● **Problem details**: Extract each line from the entries below that has the string "header" in it.

[[ Source material open ]]

//! The numbers that C sees, by the names of `include/bpfagent.h` without `BPFAGENT_`. The header says what each means.
//! `tests/product/header.py` compares both, and reads from the headings which enum a number is of.

// ---- enum bpfagent_reply

pub const OK: u32 = 0;

pub const RAN: u32 = 1;

pub const HIT: u32 = 2;

pub const WAITING: u32 = 3;

pub const PAUSED: u32 = 4;

pub const STOPPED: u32 = 5;

pub const NOMEM: u32 = 10;

pub const FULL: u32 = 11;

pub const NOROOM: u32 = 12;

pub const OUTSIDE: u32 = 13;

pub const AWAY: u32 = 14;

pub const IS_HERE: u32 = 15;

pub const IS_LEAVING: u32 = 16;

pub const IS_FAR: u32 = 17;

pub const IS_RETURNING: u32 = 18;

pub const SCOPED: u32 = 19;

pub const FAULT_HERE: u32 = 20;

pub const FAULT_FAR: u32 = 21;

pub const NOSLOT: u32 = 22;

pub const NOWATCH: u32 = 23;

pub const NOTPAUSED: u32 = 24;

pub const REFUSED: u32 = 25;

pub const NONE: u32 = 26;

pub const DAMAGED: u32 = 27;

pub const SHORT: u32 = 28;

pub const NOAGENT: u32 = 30;

pub const BAD: u32 = 31;

// ---- enum bpfagent_stop

pub const GOES_ON: u32 = 0;

// ---- enum bpfagent_state

pub const RUNNING: u32 = 0;

pub const IS_PAUSED: u32 = 1;

pub const IS_STOPPED: u32 = 2;

// ---- enum bpfagent_place

pub const HERE: u32 = 0;

pub const LEAVING: u32 = 1;

pub const FAR: u32 = 2;

pub const RETURNING: u32 = 3;

// ---- enum bpfagent_wrong

pub const WRONG_WORD: u32 = 1;

pub const WRONG_OPERAND: u32 = 2;

pub const WRONG_RANGE: u32 = 3;

pub const WRONG_LABEL: u32 = 4;

pub const WRONG_TWICE_LABEL: u32 = 5;

pub const WRONG_TOO_LONG: u32 = 6;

[[ Source material closed ]]

● **Solved exercise**:
//! The numbers that C sees, by the names of `include/bpfagent.h` without `BPFAGENT_`. The header says what each means.
//! `tests/product/header.py` compares both, and reads from the headings which enum a number is of.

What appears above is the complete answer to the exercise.